> GOAL OF THE EXERCISE
Reproduce all the entries, matching the original word for word.

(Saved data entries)
= = = = = = =
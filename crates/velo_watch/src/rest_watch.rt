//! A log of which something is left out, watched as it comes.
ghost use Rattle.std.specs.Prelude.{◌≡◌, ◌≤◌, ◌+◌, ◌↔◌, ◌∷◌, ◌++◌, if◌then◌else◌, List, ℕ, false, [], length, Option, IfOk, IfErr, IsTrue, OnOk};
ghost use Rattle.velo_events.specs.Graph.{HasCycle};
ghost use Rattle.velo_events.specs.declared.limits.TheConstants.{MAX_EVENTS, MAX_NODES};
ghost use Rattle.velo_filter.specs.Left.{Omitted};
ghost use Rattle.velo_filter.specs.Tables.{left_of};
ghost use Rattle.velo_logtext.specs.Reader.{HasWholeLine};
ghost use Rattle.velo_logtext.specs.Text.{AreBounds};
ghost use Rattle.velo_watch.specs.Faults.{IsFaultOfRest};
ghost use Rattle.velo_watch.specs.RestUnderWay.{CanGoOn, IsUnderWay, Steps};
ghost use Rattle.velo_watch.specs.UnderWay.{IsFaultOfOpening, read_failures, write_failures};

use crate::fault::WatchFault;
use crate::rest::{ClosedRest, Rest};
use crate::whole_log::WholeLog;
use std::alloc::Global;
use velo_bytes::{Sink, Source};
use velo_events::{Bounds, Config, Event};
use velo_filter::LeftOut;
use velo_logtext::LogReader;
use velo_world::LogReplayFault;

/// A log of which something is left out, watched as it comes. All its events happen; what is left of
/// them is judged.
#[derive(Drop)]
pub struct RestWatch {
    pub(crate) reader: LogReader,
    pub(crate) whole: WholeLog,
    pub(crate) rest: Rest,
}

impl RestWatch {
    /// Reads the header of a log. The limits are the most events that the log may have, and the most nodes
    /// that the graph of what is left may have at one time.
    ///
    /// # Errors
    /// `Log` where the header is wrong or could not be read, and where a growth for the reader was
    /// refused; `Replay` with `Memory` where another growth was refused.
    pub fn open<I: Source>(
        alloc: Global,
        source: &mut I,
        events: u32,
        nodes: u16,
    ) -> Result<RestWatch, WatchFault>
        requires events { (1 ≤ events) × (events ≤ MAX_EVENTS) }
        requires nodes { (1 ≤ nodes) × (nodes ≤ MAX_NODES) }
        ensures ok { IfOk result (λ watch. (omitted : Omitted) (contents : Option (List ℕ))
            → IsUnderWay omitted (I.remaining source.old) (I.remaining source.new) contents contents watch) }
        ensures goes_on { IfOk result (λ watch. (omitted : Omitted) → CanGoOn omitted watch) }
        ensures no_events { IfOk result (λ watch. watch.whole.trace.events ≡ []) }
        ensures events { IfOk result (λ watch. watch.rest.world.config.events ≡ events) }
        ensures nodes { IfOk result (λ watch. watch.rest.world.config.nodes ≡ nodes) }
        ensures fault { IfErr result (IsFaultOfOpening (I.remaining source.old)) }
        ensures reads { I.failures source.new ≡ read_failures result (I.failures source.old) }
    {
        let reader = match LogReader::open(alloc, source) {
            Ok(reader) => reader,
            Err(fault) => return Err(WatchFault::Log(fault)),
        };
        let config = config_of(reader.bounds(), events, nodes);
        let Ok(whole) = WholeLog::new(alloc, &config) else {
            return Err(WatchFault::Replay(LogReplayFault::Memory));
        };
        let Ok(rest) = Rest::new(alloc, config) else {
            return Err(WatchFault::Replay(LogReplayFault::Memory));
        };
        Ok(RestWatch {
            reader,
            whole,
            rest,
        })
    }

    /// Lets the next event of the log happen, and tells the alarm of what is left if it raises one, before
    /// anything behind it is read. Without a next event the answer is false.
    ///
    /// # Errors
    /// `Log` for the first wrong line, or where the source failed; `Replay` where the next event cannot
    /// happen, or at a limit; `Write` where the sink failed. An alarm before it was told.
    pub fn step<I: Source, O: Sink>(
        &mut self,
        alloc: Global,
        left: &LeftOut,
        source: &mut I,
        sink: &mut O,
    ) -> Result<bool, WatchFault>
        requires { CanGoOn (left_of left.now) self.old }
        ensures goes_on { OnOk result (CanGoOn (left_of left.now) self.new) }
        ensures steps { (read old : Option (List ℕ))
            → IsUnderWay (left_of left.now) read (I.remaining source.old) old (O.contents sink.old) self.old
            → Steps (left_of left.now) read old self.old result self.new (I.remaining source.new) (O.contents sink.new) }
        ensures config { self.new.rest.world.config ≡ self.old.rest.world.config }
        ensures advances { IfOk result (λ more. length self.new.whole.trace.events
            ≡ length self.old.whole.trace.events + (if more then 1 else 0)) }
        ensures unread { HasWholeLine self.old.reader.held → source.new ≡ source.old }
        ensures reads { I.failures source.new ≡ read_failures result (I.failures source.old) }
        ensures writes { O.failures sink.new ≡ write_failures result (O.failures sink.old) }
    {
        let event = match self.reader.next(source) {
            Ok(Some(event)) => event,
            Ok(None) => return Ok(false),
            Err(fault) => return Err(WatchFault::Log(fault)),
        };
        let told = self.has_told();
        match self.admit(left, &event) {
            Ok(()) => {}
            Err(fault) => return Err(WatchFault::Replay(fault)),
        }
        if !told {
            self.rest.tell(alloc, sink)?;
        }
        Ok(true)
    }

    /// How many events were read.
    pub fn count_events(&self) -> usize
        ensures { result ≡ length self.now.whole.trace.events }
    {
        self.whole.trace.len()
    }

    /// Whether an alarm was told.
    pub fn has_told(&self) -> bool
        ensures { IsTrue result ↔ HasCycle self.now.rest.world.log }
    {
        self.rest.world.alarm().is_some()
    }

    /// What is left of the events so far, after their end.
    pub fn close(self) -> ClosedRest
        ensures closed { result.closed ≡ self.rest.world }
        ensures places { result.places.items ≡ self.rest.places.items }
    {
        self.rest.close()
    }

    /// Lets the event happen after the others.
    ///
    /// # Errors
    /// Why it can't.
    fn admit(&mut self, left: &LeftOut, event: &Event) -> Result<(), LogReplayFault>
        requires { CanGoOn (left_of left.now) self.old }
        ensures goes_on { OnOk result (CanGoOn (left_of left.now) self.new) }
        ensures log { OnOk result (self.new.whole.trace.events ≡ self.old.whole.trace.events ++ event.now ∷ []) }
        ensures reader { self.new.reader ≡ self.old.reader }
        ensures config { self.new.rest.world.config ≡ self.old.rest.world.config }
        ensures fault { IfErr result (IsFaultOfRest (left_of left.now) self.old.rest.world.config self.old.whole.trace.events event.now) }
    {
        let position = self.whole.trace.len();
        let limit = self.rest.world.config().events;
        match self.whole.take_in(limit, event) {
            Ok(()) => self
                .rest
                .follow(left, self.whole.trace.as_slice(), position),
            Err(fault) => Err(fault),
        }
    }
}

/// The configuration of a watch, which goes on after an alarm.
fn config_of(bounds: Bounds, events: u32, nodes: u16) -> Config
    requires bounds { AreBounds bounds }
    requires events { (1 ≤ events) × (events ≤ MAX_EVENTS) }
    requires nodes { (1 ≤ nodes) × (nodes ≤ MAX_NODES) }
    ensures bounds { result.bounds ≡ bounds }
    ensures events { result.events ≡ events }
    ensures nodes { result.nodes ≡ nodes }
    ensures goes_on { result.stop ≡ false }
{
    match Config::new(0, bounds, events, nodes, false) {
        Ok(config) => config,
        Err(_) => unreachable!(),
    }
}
= = = = = = =
> EXERCISE SOLUTION
filename crates/velo_watch/src/rest_watch.rt
//! A log of which something is left out, watched as it comes.
ghost use Rattle.std.specs.Prelude.{◌≡◌, ◌≤◌, ◌+◌, ◌↔◌, ◌∷◌, ◌++◌, if◌then◌else◌, List, ℕ, false, [], length, Option, IfOk, IfErr, IsTrue, OnOk};
ghost use Rattle.velo_events.specs.Graph.{HasCycle};
ghost use Rattle.velo_events.specs.declared.limits.TheConstants.{MAX_EVENTS, MAX_NODES};
ghost use Rattle.velo_filter.specs.Left.{Omitted};
ghost use Rattle.velo_filter.specs.Tables.{left_of};
ghost use Rattle.velo_logtext.specs.Reader.{HasWholeLine};
ghost use Rattle.velo_logtext.specs.Text.{AreBounds};
ghost use Rattle.velo_watch.specs.Faults.{IsFaultOfRest};
ghost use Rattle.velo_watch.specs.RestUnderWay.{CanGoOn, IsUnderWay, Steps};
ghost use Rattle.velo_watch.specs.UnderWay.{IsFaultOfOpening, read_failures, write_failures};

use crate::fault::WatchFault;
use crate::rest::{ClosedRest, Rest};
use crate::whole_log::WholeLog;
use std::alloc::Global;
use velo_bytes::{Sink, Source};
use velo_events::{Bounds, Config, Event};
use velo_filter::LeftOut;
use velo_logtext::LogReader;
use velo_world::LogReplayFault;

/// A log of which something is left out, watched as it comes. All its events happen; what is left of
/// them is judged.
#[derive(Drop)]
pub struct RestWatch {
    pub(crate) reader: LogReader,
    pub(crate) whole: WholeLog,
    pub(crate) rest: Rest,
}

impl RestWatch {
    /// Reads the header of a log. The limits are the most events that the log may have, and the most nodes
    /// that the graph of what is left may have at one time.
    ///
    /// # Errors
    /// `Log` where the header is wrong or could not be read, and where a growth for the reader was
    /// refused; `Replay` with `Memory` where another growth was refused.
    pub fn open<I: Source>(
        alloc: Global,
        source: &mut I,
        events: u32,
        nodes: u16,
    ) -> Result<RestWatch, WatchFault>
        requires events { (1 ≤ events) × (events ≤ MAX_EVENTS) }
        requires nodes { (1 ≤ nodes) × (nodes ≤ MAX_NODES) }
        ensures ok { IfOk result (λ watch. (omitted : Omitted) (contents : Option (List ℕ))
            → IsUnderWay omitted (I.remaining source.old) (I.remaining source.new) contents contents watch) }
        ensures goes_on { IfOk result (λ watch. (omitted : Omitted) → CanGoOn omitted watch) }
        ensures no_events { IfOk result (λ watch. watch.whole.trace.events ≡ []) }
        ensures events { IfOk result (λ watch. watch.rest.world.config.events ≡ events) }
        ensures nodes { IfOk result (λ watch. watch.rest.world.config.nodes ≡ nodes) }
        ensures fault { IfErr result (IsFaultOfOpening (I.remaining source.old)) }
        ensures reads { I.failures source.new ≡ read_failures result (I.failures source.old) }
    {
        let reader = match LogReader::open(alloc, source) {
            Ok(reader) => reader,
            Err(fault) => return Err(WatchFault::Log(fault)),
        };
        let config = config_of(reader.bounds(), events, nodes);
        let Ok(whole) = WholeLog::new(alloc, &config) else {
            return Err(WatchFault::Replay(LogReplayFault::Memory));
        };
        let Ok(rest) = Rest::new(alloc, config) else {
            return Err(WatchFault::Replay(LogReplayFault::Memory));
        };
        Ok(RestWatch {
            reader,
            whole,
            rest,
        })
    }

    /// Lets the next event of the log happen, and tells the alarm of what is left if it raises one, before
    /// anything behind it is read. Without a next event the answer is false.
    ///
    /// # Errors
    /// `Log` for the first wrong line, or where the source failed; `Replay` where the next event cannot
    /// happen, or at a limit; `Write` where the sink failed. An alarm before it was told.
    pub fn step<I: Source, O: Sink>(
        &mut self,
        alloc: Global,
        left: &LeftOut,
        source: &mut I,
        sink: &mut O,
    ) -> Result<bool, WatchFault>
        requires { CanGoOn (left_of left.now) self.old }
        ensures goes_on { OnOk result (CanGoOn (left_of left.now) self.new) }
        ensures steps { (read old : Option (List ℕ))
            → IsUnderWay (left_of left.now) read (I.remaining source.old) old (O.contents sink.old) self.old
            → Steps (left_of left.now) read old self.old result self.new (I.remaining source.new) (O.contents sink.new) }
        ensures config { self.new.rest.world.config ≡ self.old.rest.world.config }
        ensures advances { IfOk result (λ more. length self.new.whole.trace.events
            ≡ length self.old.whole.trace.events + (if more then 1 else 0)) }
        ensures unread { HasWholeLine self.old.reader.held → source.new ≡ source.old }
        ensures reads { I.failures source.new ≡ read_failures result (I.failures source.old) }
        ensures writes { O.failures sink.new ≡ write_failures result (O.failures sink.old) }
    {
        let event = match self.reader.next(source) {
            Ok(Some(event)) => event,
            Ok(None) => return Ok(false),
            Err(fault) => return Err(WatchFault::Log(fault)),
        };
        let told = self.has_told();
        match self.admit(left, &event) {
            Ok(()) => {}
            Err(fault) => return Err(WatchFault::Replay(fault)),
        }
        if !told {
            self.rest.tell(alloc, sink)?;
        }
        Ok(true)
    }

    /// How many events were read.
    pub fn count_events(&self) -> usize
        ensures { result ≡ length self.now.whole.trace.events }
    {
        self.whole.trace.len()
    }

    /// Whether an alarm was told.
    pub fn has_told(&self) -> bool
        ensures { IsTrue result ↔ HasCycle self.now.rest.world.log }
    {
        self.rest.world.alarm().is_some()
    }

    /// What is left of the events so far, after their end.
    pub fn close(self) -> ClosedRest
        ensures closed { result.closed ≡ self.rest.world }
        ensures places { result.places.items ≡ self.rest.places.items }
    {
        self.rest.close()
    }

    /// Lets the event happen after the others.
    ///
    /// # Errors
    /// Why it can't.
    fn admit(&mut self, left: &LeftOut, event: &Event) -> Result<(), LogReplayFault>
        requires { CanGoOn (left_of left.now) self.old }
        ensures goes_on { OnOk result (CanGoOn (left_of left.now) self.new) }
        ensures log { OnOk result (self.new.whole.trace.events ≡ self.old.whole.trace.events ++ event.now ∷ []) }
        ensures reader { self.new.reader ≡ self.old.reader }
        ensures config { self.new.rest.world.config ≡ self.old.rest.world.config }
        ensures fault { IfErr result (IsFaultOfRest (left_of left.now) self.old.rest.world.config self.old.whole.trace.events event.now) }
    {
        let position = self.whole.trace.len();
        let limit = self.rest.world.config().events;
        match self.whole.take_in(limit, event) {
            Ok(()) => self
                .rest
                .follow(left, self.whole.trace.as_slice(), position),
            Err(fault) => Err(fault),
        }
    }
}

/// The configuration of a watch, which goes on after an alarm.
fn config_of(bounds: Bounds, events: u32, nodes: u16) -> Config
    requires bounds { AreBounds bounds }
    requires events { (1 ≤ events) × (events ≤ MAX_EVENTS) }
    requires nodes { (1 ≤ nodes) × (nodes ≤ MAX_NODES) }
    ensures bounds { result.bounds ≡ bounds }
    ensures events { result.events ≡ events }
    ensures nodes { result.nodes ≡ nodes }
    ensures goes_on { result.stop ≡ false }
{
    match Config::new(0, bounds, events, nodes, false) {
        Ok(config) => config,
        Err(_) => unreachable!(),
    }
}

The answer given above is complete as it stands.